As for myself, I could scarcely complain. Pohl had accepted eight of my stories (over a quarter of those I had written and nearly half of those I had sold up to then). Of these, six had already been published and one ('Super-Neutron') was safely slated for publication in the forthcoming issue of Astonishing. That left the ninth, 'Christmas on Ganymede.' It was not yet paid for, nor had it actually been set in type, and, regretfully, Pohl had to return it. However, I sold it within two weeks to Thrilling Wonder Stories for a little more than Pohl would have been able to pay me, so no harm was done even there. -And though I regretted the loss of a market, Pohl had safely seen me through the period during which I developed to the point where Campbell and Astounding itself could become my major market.

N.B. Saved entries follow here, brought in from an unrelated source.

//! Lent regions, as the memory of a controller.

ghost use Rattle.std.specs.Prelude.{◌≡◌};

use crate::words::lent::{Lent, touch};
use crate::words::region::{CRegion, read_range, write_range};
use arrayvec::ArrayVec;
use page_memory::{Dma, PageNo, Unreadable};

/// Lent regions, and the pages touched through [`Dma`].
#[derive(Drop)]
pub struct LentRegions<'a, 'b> {
    /// The regions.
    pub regions: &'a mut [CRegion<'b>],
    /// How many pages there are up to the end of the region that ends last.
    pub pages: u32,
    /// The pages touched, in order.
    pub touched: ArrayVec<PageNo, 4>,
}

impl<'a, 'b> Dma for LentRegions<'a, 'b> {
    ghost use Rattle.nvmesgl_c.specs.Regions.{hidden_in, lists_number, memory_of, number_of, paired, table_of};

    ghost memory = { λ m. memory_of m.regions.now };

    ghost reached = { λ m. m.touched.items };

    // the name of the borrow, the table, and the bytes that no address shows: no call changes them, so what is in the regions afterwards is the
    // lender's
    ghost unlisted = { λ m. paired m.regions.ghost_name (paired (number_of (table_of m.regions.now)) (lists_number (hidden_in m.regions.now))) };

    ghost page_count = { λ m. m.pages };

    fn pool_pages(&self) -> u32 {
        self.pages
    }

    fn read(&mut self, addr: u64, into: &mut [u8]) -> Result<(), Unreadable> {
        let regions = &mut *self.regions;
        read_range(regions, addr, into)?;
        touch(&mut self.touched, addr, into.len());
        Ok(())
    }

    fn write(&mut self, addr: u64, bytes: &[u8]) -> Result<(), Unreadable> {
        let regions = &mut *self.regions;
        write_range(regions, addr, bytes)?;
        touch(&mut self.touched, addr, bytes.len());
        Ok(())
    }
}

impl<'a, 'b> Lent for LentRegions<'a, 'b> {
    fn touched(&self) -> &ArrayVec<PageNo, 4> {
        &self.touched
    }

    fn clear(&mut self) {
        self.touched.clear();
    }
}
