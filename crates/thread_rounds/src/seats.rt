//! The seats of a step: they are split off before it and joined behind it.

ghost use Rattle.std.specs.Prelude.{◌≡◌, ◌+◌, ◌≤◌, [], All, OnOk, length, map, vec_capacity};
ghost use Rattle.turn_lock.specs.Words.{seats_out};
ghost use Rattle.shared_store.specs.Words.{most_seats};
ghost use Rattle.thread_rounds.specs.Ends as ends;
ghost use Rattle.thread_rounds.specs.Ends.{first_refused};
ghost use Rattle.thread_rounds.specs.Seats.{AreJoined, AreSplit, IsLater, StaysFirst};

use osq_value::NoMemory;
use shared_store::{Store, StoreSeat};
use thread_jobs::{Job, JobError};

/// Splits off so many seats, or where memory is wanting fewer, and puts their jobs where there is room for them. At the gate each has its place among
/// them.
pub(crate) fn split_jobs(
    store: &Store,
    first: &mut StoreSeat,
    jobs: &mut Vec<Job>,
    count: u32,
) -> Result<(), NoMemory>
    requires seat { StaysFirst store.now first.old }
    requires room { seats_out first.old + count ≤ most_seats store.now }
    requires none { jobs.old.items ≡ [] }
    requires reserved { count ≤ vec_capacity jobs.old }
    ensures split { AreSplit store.now first.old first.new (map (λ job. job.seat) jobs.new.items) }
    ensures all { OnOk result (length jobs.new.items ≡ count) }
{
    for who in 0..count {
        let seat = store.split(first)?;
        jobs.push_reserved(Job {
            seat,
            who,
            end: Ok(()),
        });
    }
    Ok(())
}

/// The refusal of the job at this place, or else the later one.
fn refused_at(
    place: usize,
    end: Result<(), JobError>,
    later: Option<(usize, JobError)>,
) -> Option<(usize, JobError)>
    ensures { result ≡ ends.refused_at place end later }
{
    match end {
        Ok(()) => later,
        Err(error) => Some((place, error)),
    }
}

/// Joins the seats of these jobs, the last one first, and answers the first job that was refused: its place, and why.
pub(crate) fn join_jobs(
    store: &Store,
    first: &mut StoreSeat,
    jobs: Vec<Job>,
) -> Option<(usize, JobError)>
    requires seat { StaysFirst store.now first.old }
    requires jobs { All (λ job. IsLater store.now job.seat) jobs.items }
    ensures joined { AreJoined store.now first.old first.new (map (λ job. job.seat) jobs.items) }
    ensures refused { result ≡ first_refused 0 jobs.items }
{
    let mut jobs = jobs;
    let mut refused = None;
    while let Some(job) = jobs.pop() {
        let Job { seat, who: _, end } = job;
        store.join(first, seat);
        refused = refused_at(jobs.len(), end, refused);
    }
    refused
}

At first, when 'Christmas on Ganymede' was returned, I thought it was because the Pohl magazines had been suspended altogether. If the publishers had intended that, they changed their minds. Astonishing continued a couple of years, until it was killed by the World War II paper shortage. Super Science Stones survived World War II and even a little past the 1940s, and was yet to publish one more story of mine.

But back to June 10- Taking Fred's fantasy idea, I wrote the story entirely on my own, calling it 'Legal Rights.' Once again, though, a collaboration didn't succeed. On July 8, Campbell rejected it, the first rejection I had received from him in half a year.

By that time, though, Fred was agenting again. I gave him the story, rather shamefacedly, and forgot about it. He changed the name to 'Legal Rites' (much better) and rewrote it quite a bit. Seven years later, he actually-sold it.

Legal Rites (with James.MacCreigh) [14]

Already the stars were out, though the sun had just dipped under the horizon, and the sky of the west was a blood-stuck gold behind the Sierra Nevadas.

'Hey!' squawked Russell Harley. 'Come back!'

But the one-lunged motor of the old Ford was making too much noise; the driver didn't hear him. Harley cursed as he watched the old car careen along the sandy ruts on its half-flat tires. Its taillight was saying a red no to him. No, you can't get away tonight; no, you'll have to stay here and fight it out.